Key population statistics for London and it's sub-regions
|Region||Total population||Population change||Population per km2||% BME||% not UK-born|
|London sub-region: Central||1,564,700||+13%||12,129||38%||41%|
|London sub-region: East||2,836,800||+16%||6,154||45%||34%|
|London sub-region: North||996,600||+12%||2,162||37%||38%|
|London sub-region: South||1,629,100||+9%||4,188||30%||28%|
|London sub-region: West||1,880,800||+9%||4,774||48%||42%|
|Rest of England||47,069,200||+7%||366||11%||11%|
Data source: Mid-year population estimates (2018), Population of the UK by country of birth and nationality, Annual Population Survey (2018), ONS. Ethnic group populations from Annual Population Survey ONS, via London Datastore
The size of London’s population has changed dramatically over the past century; falling from a pre-Second World War high of 8.6 million people in 1939 to around 6.8 million in the 1980s. The fall was most pronounced in Inner London, which saw its population reduce by almost half over 50 years.

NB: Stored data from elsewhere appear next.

//! The calls of a caller that has peeked: each peeks, and then reads what is there.
use crate::told::{Told, bytes, int, item, key, number, passed, string, truth, value, word};
use jiter::Jiter;
use std::alloc::Global;

/// What a peek answers, and whether a number begins so.
pub fn peek(alloc: Global, jiter: &mut Jiter<'_>) -> Told {
    match jiter.peek() {
        Ok(peek) if peek.is_num() => Ok(Ok(format!(in alloc; "{peek:?}, a number")?)),
        Ok(peek) => item(alloc, Ok(Some(peek))),
        Err(error) => Ok(Err(error)),
    }
}

/// What the call of this name answers, if it takes the peek.
pub fn with_peek(alloc: Global, jiter: &mut Jiter<'_>, call: &str) -> Option<Told> {
    let peek = match jiter.peek() {
        Ok(peek) => peek,
        Err(error) => return Some(Ok(Err(error))),
    };
    Some(match call {
        "known_bool" => truth(alloc, jiter.known_bool(peek)),
        "known_number" => number(alloc, jiter.known_number(peek)),
        "known_int" => int(alloc, jiter.known_int(peek)),
        "known_number_bytes" => bytes(alloc, jiter.known_number_bytes(peek)),
        "known_value" => value(alloc, jiter.known_value(alloc, peek)),
        "known_value_owned" => value(alloc, jiter.known_value_owned(alloc, peek)),
        "known_skip" => passed(alloc, jiter.known_skip(peek)),
        _ => return None,
    })
}

/// What the call of this name answers, if the byte is there with which its type begins.
pub fn by_type(alloc: Global, jiter: &mut Jiter<'_>, call: &str) -> Told {
    let peek = match jiter.peek() {
        Ok(peek) => peek,
        Err(error) => return Ok(Err(error)),
    };
    match peek.into_inner() {
        b'n' if call == "known_null" => passed(alloc, jiter.known_null()),
        b'"' if call == "known_str" => string(alloc, jiter.known_str(alloc)),
        b'"' if call == "known_bytes" => bytes(alloc, jiter.known_bytes()),
        b'[' if call == "known_array" => item(alloc, jiter.known_array()),
        b'{' if call == "known_object" => key(alloc, jiter.known_object(alloc)),
        _ => word(alloc, "another type"),
    }
}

London’s population has been recovering since the early 1990s and hit a new high of 9 million in 2019. In a reversal of the mid-20th Century trend, both Inner and Outer London have been growing steadily, although Inner London is still a million people short of its population in 1931. By 2030, London’s population is expected to increase, but at a slower rate, with a total population of 9.4 million.